***** Exercise materials

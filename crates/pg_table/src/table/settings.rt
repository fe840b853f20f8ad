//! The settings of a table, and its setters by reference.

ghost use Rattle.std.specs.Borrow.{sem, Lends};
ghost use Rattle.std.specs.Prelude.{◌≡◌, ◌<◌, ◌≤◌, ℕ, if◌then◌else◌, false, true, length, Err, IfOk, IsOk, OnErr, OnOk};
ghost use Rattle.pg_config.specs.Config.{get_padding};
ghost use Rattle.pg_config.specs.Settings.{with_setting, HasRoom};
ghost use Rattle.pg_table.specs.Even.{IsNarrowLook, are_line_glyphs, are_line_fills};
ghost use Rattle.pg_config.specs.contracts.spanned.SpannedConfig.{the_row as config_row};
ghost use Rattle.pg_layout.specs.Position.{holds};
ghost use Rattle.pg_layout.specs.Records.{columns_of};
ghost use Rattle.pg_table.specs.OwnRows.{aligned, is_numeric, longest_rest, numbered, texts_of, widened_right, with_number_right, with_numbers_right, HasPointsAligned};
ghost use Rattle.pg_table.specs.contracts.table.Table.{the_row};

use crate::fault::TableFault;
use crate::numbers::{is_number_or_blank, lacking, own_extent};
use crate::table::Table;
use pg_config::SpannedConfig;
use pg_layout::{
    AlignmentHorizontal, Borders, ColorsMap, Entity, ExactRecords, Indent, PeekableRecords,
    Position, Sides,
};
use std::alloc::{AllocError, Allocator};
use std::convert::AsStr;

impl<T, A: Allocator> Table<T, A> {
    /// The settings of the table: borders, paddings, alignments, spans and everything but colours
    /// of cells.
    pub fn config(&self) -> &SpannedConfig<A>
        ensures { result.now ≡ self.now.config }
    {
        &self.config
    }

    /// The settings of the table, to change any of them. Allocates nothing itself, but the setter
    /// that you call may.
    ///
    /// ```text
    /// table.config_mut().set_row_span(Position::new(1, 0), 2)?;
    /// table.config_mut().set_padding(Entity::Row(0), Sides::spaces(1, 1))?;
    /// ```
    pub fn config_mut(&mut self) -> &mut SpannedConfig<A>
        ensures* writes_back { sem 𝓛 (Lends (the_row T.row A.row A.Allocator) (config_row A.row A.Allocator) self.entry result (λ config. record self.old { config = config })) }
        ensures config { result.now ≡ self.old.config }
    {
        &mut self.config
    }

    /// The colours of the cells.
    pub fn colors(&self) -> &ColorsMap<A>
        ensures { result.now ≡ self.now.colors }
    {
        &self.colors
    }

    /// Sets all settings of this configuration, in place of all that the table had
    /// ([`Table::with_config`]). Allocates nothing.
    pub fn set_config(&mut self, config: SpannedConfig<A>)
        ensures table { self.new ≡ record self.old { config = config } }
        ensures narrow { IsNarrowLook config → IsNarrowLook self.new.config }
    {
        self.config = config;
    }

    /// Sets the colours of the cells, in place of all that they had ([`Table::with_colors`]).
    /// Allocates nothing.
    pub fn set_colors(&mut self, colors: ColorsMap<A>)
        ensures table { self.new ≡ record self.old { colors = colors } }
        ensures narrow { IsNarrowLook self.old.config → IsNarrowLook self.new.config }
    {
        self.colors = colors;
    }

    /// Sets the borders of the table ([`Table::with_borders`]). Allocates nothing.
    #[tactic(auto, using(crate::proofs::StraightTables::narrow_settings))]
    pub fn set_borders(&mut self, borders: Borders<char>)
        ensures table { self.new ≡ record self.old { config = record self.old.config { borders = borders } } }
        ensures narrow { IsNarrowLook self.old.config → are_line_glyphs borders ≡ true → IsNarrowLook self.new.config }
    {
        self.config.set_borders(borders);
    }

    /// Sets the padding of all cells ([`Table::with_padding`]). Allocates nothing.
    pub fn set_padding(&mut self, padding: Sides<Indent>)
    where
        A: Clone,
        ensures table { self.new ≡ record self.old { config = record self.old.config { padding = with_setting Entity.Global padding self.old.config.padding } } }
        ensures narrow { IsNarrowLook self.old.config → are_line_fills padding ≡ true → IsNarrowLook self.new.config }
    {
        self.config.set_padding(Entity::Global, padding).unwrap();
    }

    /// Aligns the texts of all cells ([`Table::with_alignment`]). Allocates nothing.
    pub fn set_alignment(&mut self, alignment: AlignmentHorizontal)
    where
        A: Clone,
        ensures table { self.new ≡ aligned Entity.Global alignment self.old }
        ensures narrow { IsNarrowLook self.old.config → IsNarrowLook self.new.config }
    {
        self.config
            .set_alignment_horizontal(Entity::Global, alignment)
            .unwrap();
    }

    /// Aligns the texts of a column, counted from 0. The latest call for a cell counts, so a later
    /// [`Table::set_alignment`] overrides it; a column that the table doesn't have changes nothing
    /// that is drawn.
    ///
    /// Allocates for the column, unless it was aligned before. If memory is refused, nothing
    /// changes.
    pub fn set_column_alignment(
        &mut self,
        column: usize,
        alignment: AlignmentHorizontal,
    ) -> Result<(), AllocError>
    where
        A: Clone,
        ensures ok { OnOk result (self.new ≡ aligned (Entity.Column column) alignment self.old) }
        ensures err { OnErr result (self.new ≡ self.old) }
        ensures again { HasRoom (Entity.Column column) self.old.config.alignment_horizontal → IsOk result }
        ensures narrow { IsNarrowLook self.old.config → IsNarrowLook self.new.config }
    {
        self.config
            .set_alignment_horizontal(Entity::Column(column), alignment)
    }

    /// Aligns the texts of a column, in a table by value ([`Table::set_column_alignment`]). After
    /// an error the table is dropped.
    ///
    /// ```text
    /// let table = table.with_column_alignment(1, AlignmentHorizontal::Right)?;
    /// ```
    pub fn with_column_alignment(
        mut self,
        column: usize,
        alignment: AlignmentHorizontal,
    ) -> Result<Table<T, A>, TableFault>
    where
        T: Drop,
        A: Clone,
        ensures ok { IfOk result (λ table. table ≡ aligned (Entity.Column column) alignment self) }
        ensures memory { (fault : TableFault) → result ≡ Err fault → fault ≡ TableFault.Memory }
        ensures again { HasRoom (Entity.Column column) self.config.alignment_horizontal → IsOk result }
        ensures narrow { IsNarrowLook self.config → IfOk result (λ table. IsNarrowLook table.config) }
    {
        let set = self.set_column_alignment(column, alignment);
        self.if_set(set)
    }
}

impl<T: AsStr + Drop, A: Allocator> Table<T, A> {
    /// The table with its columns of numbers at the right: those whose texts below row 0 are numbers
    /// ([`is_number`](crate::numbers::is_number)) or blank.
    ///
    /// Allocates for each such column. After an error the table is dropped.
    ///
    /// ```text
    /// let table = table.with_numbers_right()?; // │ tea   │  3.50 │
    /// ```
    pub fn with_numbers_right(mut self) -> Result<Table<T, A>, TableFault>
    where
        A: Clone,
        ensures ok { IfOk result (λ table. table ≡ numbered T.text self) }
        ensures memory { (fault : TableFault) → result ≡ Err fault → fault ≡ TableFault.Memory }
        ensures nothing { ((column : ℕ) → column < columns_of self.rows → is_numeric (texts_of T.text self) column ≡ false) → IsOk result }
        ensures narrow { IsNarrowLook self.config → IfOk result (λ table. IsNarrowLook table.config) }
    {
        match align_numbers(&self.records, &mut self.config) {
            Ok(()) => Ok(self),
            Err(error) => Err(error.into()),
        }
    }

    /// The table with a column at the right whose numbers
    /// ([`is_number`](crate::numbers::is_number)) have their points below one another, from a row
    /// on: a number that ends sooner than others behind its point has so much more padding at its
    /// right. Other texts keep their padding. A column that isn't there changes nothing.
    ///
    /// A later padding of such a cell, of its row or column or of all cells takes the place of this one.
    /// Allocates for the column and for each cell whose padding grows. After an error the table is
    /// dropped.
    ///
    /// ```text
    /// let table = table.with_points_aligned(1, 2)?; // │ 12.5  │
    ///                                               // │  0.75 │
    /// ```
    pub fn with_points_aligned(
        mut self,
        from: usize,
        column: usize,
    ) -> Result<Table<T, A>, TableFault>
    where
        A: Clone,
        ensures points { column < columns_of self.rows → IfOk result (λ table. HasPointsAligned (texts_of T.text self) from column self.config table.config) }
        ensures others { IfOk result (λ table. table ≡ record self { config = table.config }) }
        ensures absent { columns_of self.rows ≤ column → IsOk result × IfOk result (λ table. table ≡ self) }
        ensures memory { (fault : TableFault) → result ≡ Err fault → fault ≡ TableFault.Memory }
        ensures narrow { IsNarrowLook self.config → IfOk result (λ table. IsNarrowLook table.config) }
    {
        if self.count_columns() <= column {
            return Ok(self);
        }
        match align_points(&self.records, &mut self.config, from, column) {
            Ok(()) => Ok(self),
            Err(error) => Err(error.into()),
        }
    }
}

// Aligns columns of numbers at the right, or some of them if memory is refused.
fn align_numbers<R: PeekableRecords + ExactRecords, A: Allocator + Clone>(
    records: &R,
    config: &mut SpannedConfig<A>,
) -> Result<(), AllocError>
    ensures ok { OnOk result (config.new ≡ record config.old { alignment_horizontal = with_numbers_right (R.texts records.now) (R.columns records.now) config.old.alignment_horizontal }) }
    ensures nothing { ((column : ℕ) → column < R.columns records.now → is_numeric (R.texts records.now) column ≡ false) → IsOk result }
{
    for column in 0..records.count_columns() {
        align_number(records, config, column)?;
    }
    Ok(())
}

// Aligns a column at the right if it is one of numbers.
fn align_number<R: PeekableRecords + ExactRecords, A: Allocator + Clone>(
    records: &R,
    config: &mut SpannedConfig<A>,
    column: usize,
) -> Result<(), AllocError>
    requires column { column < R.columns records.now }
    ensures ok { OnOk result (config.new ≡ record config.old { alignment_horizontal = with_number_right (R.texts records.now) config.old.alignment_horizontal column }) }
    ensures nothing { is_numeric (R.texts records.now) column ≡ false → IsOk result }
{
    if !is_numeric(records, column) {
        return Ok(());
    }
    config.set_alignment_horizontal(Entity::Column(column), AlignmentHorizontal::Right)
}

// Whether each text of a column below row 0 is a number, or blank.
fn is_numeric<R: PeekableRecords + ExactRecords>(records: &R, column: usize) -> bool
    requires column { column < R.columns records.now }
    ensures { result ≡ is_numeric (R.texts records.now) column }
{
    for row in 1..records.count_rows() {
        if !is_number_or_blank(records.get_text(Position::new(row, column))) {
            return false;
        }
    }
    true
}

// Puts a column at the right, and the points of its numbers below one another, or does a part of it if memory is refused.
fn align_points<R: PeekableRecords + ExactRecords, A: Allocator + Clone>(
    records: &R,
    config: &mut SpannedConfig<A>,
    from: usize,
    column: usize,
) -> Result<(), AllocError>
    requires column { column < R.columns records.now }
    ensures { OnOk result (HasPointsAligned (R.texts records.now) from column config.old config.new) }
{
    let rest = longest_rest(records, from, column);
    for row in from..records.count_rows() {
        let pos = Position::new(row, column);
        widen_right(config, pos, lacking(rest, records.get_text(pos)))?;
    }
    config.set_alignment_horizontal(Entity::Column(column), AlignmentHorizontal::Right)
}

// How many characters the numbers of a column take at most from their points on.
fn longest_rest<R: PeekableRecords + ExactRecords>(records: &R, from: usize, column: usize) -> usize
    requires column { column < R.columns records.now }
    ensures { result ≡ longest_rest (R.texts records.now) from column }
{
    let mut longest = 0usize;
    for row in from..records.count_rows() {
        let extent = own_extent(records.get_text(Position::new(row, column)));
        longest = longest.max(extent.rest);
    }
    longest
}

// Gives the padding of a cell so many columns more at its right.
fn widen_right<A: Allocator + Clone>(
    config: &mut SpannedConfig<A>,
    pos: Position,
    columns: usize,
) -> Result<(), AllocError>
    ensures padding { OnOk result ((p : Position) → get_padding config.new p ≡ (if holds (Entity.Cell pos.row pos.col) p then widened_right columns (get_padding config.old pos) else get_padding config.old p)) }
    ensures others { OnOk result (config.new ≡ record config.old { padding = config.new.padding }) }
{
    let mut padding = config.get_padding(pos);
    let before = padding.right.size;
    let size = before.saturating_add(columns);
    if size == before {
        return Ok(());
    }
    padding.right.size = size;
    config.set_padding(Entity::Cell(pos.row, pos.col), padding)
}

**********

§ **Brief**: Copy out all the lines of the records that include "again".

§ **Completed exercise**:
        ensures again { HasRoom (Entity.Column column) self.old.config.alignment_horizontal → IsOk result }
        ensures again { HasRoom (Entity.Column column) self.config.alignment_horizontal → IsOk result }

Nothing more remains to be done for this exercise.